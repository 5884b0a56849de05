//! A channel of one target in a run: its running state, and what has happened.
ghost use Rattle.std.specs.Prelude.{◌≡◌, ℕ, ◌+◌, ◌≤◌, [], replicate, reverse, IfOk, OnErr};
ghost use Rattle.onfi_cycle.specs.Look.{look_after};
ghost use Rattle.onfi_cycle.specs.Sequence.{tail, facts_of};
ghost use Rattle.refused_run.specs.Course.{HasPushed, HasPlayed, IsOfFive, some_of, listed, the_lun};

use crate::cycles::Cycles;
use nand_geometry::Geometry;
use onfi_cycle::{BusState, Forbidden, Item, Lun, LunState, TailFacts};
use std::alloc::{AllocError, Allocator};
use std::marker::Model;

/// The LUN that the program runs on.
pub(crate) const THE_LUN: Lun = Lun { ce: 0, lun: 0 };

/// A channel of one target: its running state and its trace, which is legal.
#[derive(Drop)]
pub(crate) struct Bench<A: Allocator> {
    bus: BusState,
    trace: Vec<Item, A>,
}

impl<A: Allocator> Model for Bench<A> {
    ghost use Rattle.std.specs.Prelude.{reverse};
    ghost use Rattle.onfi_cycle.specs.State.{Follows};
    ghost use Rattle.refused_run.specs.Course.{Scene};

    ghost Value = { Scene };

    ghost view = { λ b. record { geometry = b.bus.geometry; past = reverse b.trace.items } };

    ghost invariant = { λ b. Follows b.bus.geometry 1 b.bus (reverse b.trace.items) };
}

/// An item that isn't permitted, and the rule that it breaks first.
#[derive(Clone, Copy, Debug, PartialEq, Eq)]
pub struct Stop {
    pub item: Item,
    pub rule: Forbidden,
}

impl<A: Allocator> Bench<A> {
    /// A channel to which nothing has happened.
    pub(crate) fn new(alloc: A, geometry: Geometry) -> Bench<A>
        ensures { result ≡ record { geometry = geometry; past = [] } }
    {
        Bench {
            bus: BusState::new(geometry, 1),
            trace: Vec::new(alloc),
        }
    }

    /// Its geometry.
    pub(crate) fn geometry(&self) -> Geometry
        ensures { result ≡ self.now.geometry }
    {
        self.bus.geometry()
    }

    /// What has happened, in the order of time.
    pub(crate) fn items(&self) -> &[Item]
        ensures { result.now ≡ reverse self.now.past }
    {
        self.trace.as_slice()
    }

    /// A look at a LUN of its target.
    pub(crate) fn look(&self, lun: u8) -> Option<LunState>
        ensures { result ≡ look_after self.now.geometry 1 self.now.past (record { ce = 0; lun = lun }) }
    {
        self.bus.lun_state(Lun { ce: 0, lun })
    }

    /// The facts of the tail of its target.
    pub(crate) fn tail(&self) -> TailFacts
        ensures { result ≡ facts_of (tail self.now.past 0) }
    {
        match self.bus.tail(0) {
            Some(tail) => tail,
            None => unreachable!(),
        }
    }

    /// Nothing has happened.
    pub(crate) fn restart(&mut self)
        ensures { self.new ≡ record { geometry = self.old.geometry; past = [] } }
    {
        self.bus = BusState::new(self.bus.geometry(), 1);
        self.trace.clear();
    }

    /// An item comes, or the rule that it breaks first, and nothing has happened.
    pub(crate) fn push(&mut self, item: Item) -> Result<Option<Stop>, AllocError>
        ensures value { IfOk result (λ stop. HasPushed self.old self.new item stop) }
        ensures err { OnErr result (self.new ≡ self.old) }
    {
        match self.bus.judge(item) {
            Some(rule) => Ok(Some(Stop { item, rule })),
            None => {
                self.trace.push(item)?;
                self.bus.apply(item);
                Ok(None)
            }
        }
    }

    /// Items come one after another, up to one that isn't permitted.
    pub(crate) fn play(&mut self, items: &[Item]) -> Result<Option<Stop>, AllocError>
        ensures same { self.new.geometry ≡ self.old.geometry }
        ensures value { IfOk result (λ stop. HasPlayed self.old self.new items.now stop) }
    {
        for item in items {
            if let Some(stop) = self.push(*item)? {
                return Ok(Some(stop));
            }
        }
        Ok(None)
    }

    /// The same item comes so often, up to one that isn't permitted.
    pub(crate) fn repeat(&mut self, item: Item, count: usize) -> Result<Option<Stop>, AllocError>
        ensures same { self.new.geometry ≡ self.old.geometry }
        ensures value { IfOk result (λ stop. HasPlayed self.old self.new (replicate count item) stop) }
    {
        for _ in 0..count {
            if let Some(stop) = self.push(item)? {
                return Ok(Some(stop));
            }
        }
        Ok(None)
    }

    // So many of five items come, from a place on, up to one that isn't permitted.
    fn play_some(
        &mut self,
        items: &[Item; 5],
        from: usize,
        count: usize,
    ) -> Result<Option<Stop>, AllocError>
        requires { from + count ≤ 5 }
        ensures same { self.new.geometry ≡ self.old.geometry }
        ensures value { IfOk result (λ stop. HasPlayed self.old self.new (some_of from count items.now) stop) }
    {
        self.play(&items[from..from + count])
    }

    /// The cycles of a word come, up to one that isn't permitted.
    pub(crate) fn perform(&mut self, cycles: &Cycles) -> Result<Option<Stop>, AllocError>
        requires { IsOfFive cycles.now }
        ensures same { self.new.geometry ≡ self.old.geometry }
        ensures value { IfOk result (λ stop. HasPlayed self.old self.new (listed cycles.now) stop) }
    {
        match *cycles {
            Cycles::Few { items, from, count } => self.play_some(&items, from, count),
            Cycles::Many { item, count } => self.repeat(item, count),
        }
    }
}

+--

PROBLEM STATEMENT - Above are the records; copy exactly the lines from the line with "result.now ≡ reverse" through the line with "self.trace.push(item)?;", both included.

TASK OUTPUT -
        ensures { result.now ≡ reverse self.now.past }
    {
        self.trace.as_slice()
    }

    /// A look at a LUN of its target.
    pub(crate) fn look(&self, lun: u8) -> Option<LunState>
        ensures { result ≡ look_after self.now.geometry 1 self.now.past (record { ce = 0; lun = lun }) }
    {
        self.bus.lun_state(Lun { ce: 0, lun })
    }

    /// The facts of the tail of its target.
    pub(crate) fn tail(&self) -> TailFacts
        ensures { result ≡ facts_of (tail self.now.past 0) }
    {
        match self.bus.tail(0) {
            Some(tail) => tail,
            None => unreachable!(),
        }
    }

    /// Nothing has happened.
    pub(crate) fn restart(&mut self)
        ensures { self.new ≡ record { geometry = self.old.geometry; past = [] } }
    {
        self.bus = BusState::new(self.bus.geometry(), 1);
        self.trace.clear();
    }

    /// An item comes, or the rule that it breaks first, and nothing has happened.
    pub(crate) fn push(&mut self, item: Item) -> Result<Option<Stop>, AllocError>
        ensures value { IfOk result (λ stop. HasPushed self.old self.new item stop) }
        ensures err { OnErr result (self.new ≡ self.old) }
    {
        match self.bus.judge(item) {
            Some(rule) => Ok(Some(Stop { item, rule })),
            None => {
                self.trace.push(item)?;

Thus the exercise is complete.